# [What is being asked]
Across the records below, count the lines that contain "false" and write down only the count.

(Saved entries)
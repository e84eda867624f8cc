// The assignment that a trail is.
ghost use Rattle.std.specs.Prelude.{◌≡◌, ◌≤◌, ◌<◌, ◌+◌, pos, length, IfOk};
ghost use Rattle.lls_store.specs.Trail.{has};
ghost use Rattle.lls_solver.specs.Values.{AreValues};

use lls_base::Memory;
use lls_lit::{Lit, Var};
use lls_store::Trail;
use std::alloc::Global;

/// The value of each variable up to `vars`, false where it has none.
pub(crate) fn values_of(alloc: Global, trail: &Trail, vars: u32) -> Result<Vec<bool>, Memory>
    requires { vars ≤ trail.now.vars }
    ensures len { IfOk result (λ values. length values.items ≡ vars) }
    ensures values { IfOk result (λ values. AreValues trail.now.entries values.items) }
{
    // What holds of every trail is known from here on.
    let _level = trail.current();
    let mut values = Vec::with_capacity(alloc, vars as usize)?;
    for n in 0..vars {
        values.push(is_true(trail, n))?;
    }
    Ok(values)
}

// Whether the variable n + 1 is true.
fn is_true(trail: &Trail, n: u32) -> bool
    requires within { n < trail.now.vars }
    requires most { trail.now.vars ≤ Var.MOST }
    ensures { result ≡ has trail.now.entries (pos (n + 1)) }
{
    let var = Var::from_number(n + 1).unwrap();
    match trail.value(Lit::new(var, true)) {
        Some(value) => value,
        None => false,
    }
}
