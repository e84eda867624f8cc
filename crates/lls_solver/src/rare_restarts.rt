// When a steady search restarts: where so many conflicts came since the last restart as 1,024 times the next of the Luby numbers.
ghost use Rattle.std.specs.Prelude.{◌≡◌};

use lls_order::luby;

// Conflicts for each one of a Luby number.
const EACH: u64 = 1 << 10;

/// How many conflicts came since the last restart, and how many restarts.
#[derive(Debug, Drop)]
pub(crate) struct RareRestarts {
    since: u64,
    restarts: u32,
}

impl RareRestarts {
    pub(crate) fn new() -> RareRestarts
        ensures { result ≡ record { since = 0; restarts = 0 } }
    {
        RareRestarts {
            since: 0,
            restarts: 0,
        }
    }

    /// A clause was learnt from a conflict.
    pub(crate) fn learn(&mut self)
        ensures { self.new.restarts ≡ self.old.restarts }
    {
        self.since = self.since.saturating_add(1);
    }

    pub(crate) fn is_due(&self) -> bool {
        self.since / EACH >= luby(u64::from(self.restarts) + 1)
    }

    /// The search restarts.
    pub(crate) fn begin(&mut self)
        ensures { self.new.since ≡ 0 }
    {
        self.since = 0;
        self.restarts = self.restarts.saturating_add(1);
    }
}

# [Response]
2